Conocer los mecanismos patogenéticos de un receptor del glucagón (GCGR) con la mutación P86S en una nueva enfermedad humana (enfermedad de Mahvash).
Material y métodoSe expresaron tipos silvestre y P86S del GCGR marcados con proteína verde fluorescente mejorada (EGFP) en células de HEK 293 o H1299 de forma estable o transitoria. Se estudió la localización e internalización del receptor, y la apoptosis celular mediante microscopio de fluorescencia, y la señalización del calcio mediante marcadores Rhod-3. La expresión génica se analizó mediante RT-PCR o Western blot. El destino de la célula se determinó mediante imágenes de las células vivas.
ResultadosA diferencia del tipo silvestre, la mutación P86S se localizó parte en la membrana plasmática y parte en el citoplasma como se ha notificado con anterioridad, y no se produjo internalización tras tratamiento con glucagón. La P86S no indujo respuesta de calcio después del tratamiento con 1μM de glucagón.
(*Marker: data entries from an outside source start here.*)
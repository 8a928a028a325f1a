ghost use Rattle.std.specs.Prelude.{◌≡◌, IfOk};
ghost use Rattle.p9_run.specs.Stage.{call_of, exits};
ghost use Rattle.p9_run.specs.WriteStage.{receives};
ghost use Rattle.p9_run.specs.WriteSteps.{IsNext, ends_of};

use crate::stage::exits;
use p9_word::{Answer, Body, ChanReq, IoAnswer, IoCall, IoReq, NoMemory, Request};
use std::alloc::Global;

/// What a writer has asked last.
#[derive(Clone, Copy)]
pub(crate) enum Step {
    /// Nothing yet.
    Start,
    /// The ioproc.
    Making,
    /// To open the file.
    Opening,
    /// For a message.
    Receiving,
    /// To write a message.
    Writing,
    /// For a message that won't be written, since a write failed before.
    Skipping,
    /// To close the file.
    Closing,
    /// To end the ioproc.
    Freeing,
    /// To exit: with the text `stage` where it is set.
    Exiting(bool),
}

/// The body of the stage `write`: it writes the messages of a channel to a file.
#[derive(Drop)]
pub(crate) struct Writer {
    pub(crate) alloc: Global,
    pub(crate) file: u32,
    pub(crate) chan: u32,
    pub(crate) at: Step,
}

impl Writer {
    /// A body that has had no answer yet. It works on this file and this channel.
    pub(crate) fn new(alloc: Global, file: u32, chan: u32) -> Writer
        ensures ends { ends_of result ≡ record { file = file; chan = chan } }
        ensures at { result.at ≡ Step.Start }
    {
        Writer {
            alloc,
            file,
            chan,
            at: Step::Start,
        }
    }

    /// A call on the file.
    fn call(&self, call: IoCall) -> Request
        ensures { result ≡ call_of (ends_of self.now) call }
    {
        Request::Io(IoReq::IoRun { k: self.file, call })
    }

    /// Receives a message.
    fn recv(&self) -> Request
        ensures { result ≡ receives (ends_of self.now) }
    {
        Request::Chan(ChanReq::Recv {
            keep: true,
            chan: self.chan,
        })
    }

    fn exits(&self, failed: bool) -> Result<(Request, Step), NoMemory>
        ensures { IfOk result (λ r. (r.0 ≡ exits failed) × (r.1 ≡ Step.Exiting failed)) }
    {
        Ok((exits(self.alloc, failed)?, Step::Exiting(failed)))
    }

    fn from_start(&self, last: Answer) -> Result<(Request, Step), NoMemory>
        ensures { IfOk result (λ r. IsNext (ends_of self.now) Step.Start last r.0 r.1) }
    {
        match last {
            Answer::Done => Ok((Request::Io(IoReq::IoProc { k: self.file }), Step::Making)),
            _ => self.exits(true),
        }
    }

    fn from_making(&self, last: Answer) -> Result<(Request, Step), NoMemory>
        ensures { IfOk result (λ r. IsNext (ends_of self.now) Step.Making last r.0 r.1) }
    {
        match last {
            Answer::Number(_) => Ok((self.call(IoCall::IoOpen), Step::Opening)),
            _ => self.exits(true),
        }
    }

    fn from_opening(&self, last: Answer) -> Result<(Request, Step), NoMemory>
        ensures { IfOk result (λ r. IsNext (ends_of self.now) Step.Opening last r.0 r.1) }
    {
        match last {
            Answer::Io(IoAnswer::Opened) => Ok((self.recv(), Step::Receiving)),
            _ => self.exits(true),
        }
    }

    fn from_receiving(&self, last: Answer) -> Result<(Request, Step), NoMemory>
        ensures { IfOk result (λ r. IsNext (ends_of self.now) Step.Receiving last r.0 r.1) }
    {
        match last {
            Answer::Got { from: _, msg } => Ok((self.call(IoCall::IoWrite(msg)), Step::Writing)),
            Answer::Closed => Ok((self.call(IoCall::IoClose), Step::Closing)),
            _ => self.exits(true),
        }
    }

    fn from_writing(&self, last: Answer) -> Result<(Request, Step), NoMemory>
        ensures { IfOk result (λ r. IsNext (ends_of self.now) Step.Writing last r.0 r.1) }
    {
        match last {
            Answer::Io(IoAnswer::Count(_)) => Ok((self.recv(), Step::Receiving)),
            Answer::Io(IoAnswer::Fault) => Ok((self.recv(), Step::Skipping)),
            _ => self.exits(true),
        }
    }

    fn from_skipping(&self, last: Answer) -> Result<(Request, Step), NoMemory>
        ensures { IfOk result (λ r. IsNext (ends_of self.now) Step.Skipping last r.0 r.1) }
    {
        match last {
            Answer::Got { .. } => Ok((self.recv(), Step::Skipping)),
            Answer::Closed => Ok((self.call(IoCall::IoClose), Step::Closing)),
            _ => self.exits(true),
        }
    }

    fn from_closing(&self, last: Answer) -> Result<(Request, Step), NoMemory>
        ensures { IfOk result (λ r. IsNext (ends_of self.now) Step.Closing last r.0 r.1) }
    {
        match last {
            Answer::Io(IoAnswer::Shut) => Ok((
                Request::Io(IoReq::CloseIoProc { k: self.file }),
                Step::Freeing,
            )),
            _ => self.exits(true),
        }
    }

    fn from_freeing(&self, last: Answer) -> Result<(Request, Step), NoMemory>
        ensures { IfOk result (λ r. IsNext (ends_of self.now) Step.Freeing last r.0 r.1) }
    {
        match last {
            Answer::Done => self.exits(false),
            _ => self.exits(true),
        }
    }

    fn from_exiting(&self, failed: bool, last: Answer) -> Result<(Request, Step), NoMemory>
        ensures { IfOk result (λ r. IsNext (ends_of self.now) (Step.Exiting failed) last r.0 r.1) }
    {
        drop(last);
        self.exits(failed)
    }

    /// The request after an answer, and the step after it.
    fn step(&self, last: Answer) -> Result<(Request, Step), NoMemory>
        ensures { IfOk result (λ r. IsNext (ends_of self.now) self.now.at last r.0 r.1) }
    {
        match self.at {
            Step::Start => self.from_start(last),
            Step::Making => self.from_making(last),
            Step::Opening => self.from_opening(last),
            Step::Receiving => self.from_receiving(last),
            Step::Writing => self.from_writing(last),
            Step::Skipping => self.from_skipping(last),
            Step::Closing => self.from_closing(last),
            Step::Freeing => self.from_freeing(last),
            Step::Exiting(failed) => self.from_exiting(failed, last),
        }
    }
}

impl Body for Writer {
    ghost use Rattle.p9_run.specs.WriteStage.{write};
    ghost use Rattle.p9_run.specs.WriteSteps.{ends_of, StandsFor};

    ghost plan = { λ r. write (ends_of r) };

    ghost stands_for = { StandsFor };

    fn next(&mut self, last: Answer) -> Result<Request, NoMemory> {
        let (request, at) = self.step(last)?;
        self.at = at;
        Ok(request)
    }
}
Las células que expresaban transitoriamente P86S exhibieron más la apoptosis que aquella con GCGR silvestre (18,3% frente a 2,1%, p<0,05), pero no resultó patente la existencia de ARNm escindido en proteína de unión X-box 1, un marcador de estrés en el retículo endoplasmático (RE), lo que indica que la apoptosis no fue el resultado de estrés en el RE. Las células que expresan establemente la P86S no mostraron apoptosis y una cuarta parte de ellas albergaba la inclusión de una estructura circular corpusculoide nueva marcada por P86S y proteínas residentes del RE. Estos cuerpos circulares no se observaron en las células que expresaban GCGR silvestre o transitoriamente P86S y no se vieron afectados por el tratamiento con el inhibidor del proteasoma o despolimerizador microtubular, lo que sugiere que no representan estructuras agresivas. Los cuerpos circulares en RE podían fusionarse y dividirse para formar nuevos cuerpos.
ConclusiónLa mutación natural P86S de GCGR muestra una internalización anormal del receptor y de la movilización de calcio, y causa apoptosis. Los nuevos cuerpos circulares y dinámicos en el RE puede que sean una respuesta adaptativa para anular los efectos tóxicos sobre P86S. Estos hallazgos proporcionan nuevas perspectivas sobre la patogénesis de la enfermedad de Mahvash.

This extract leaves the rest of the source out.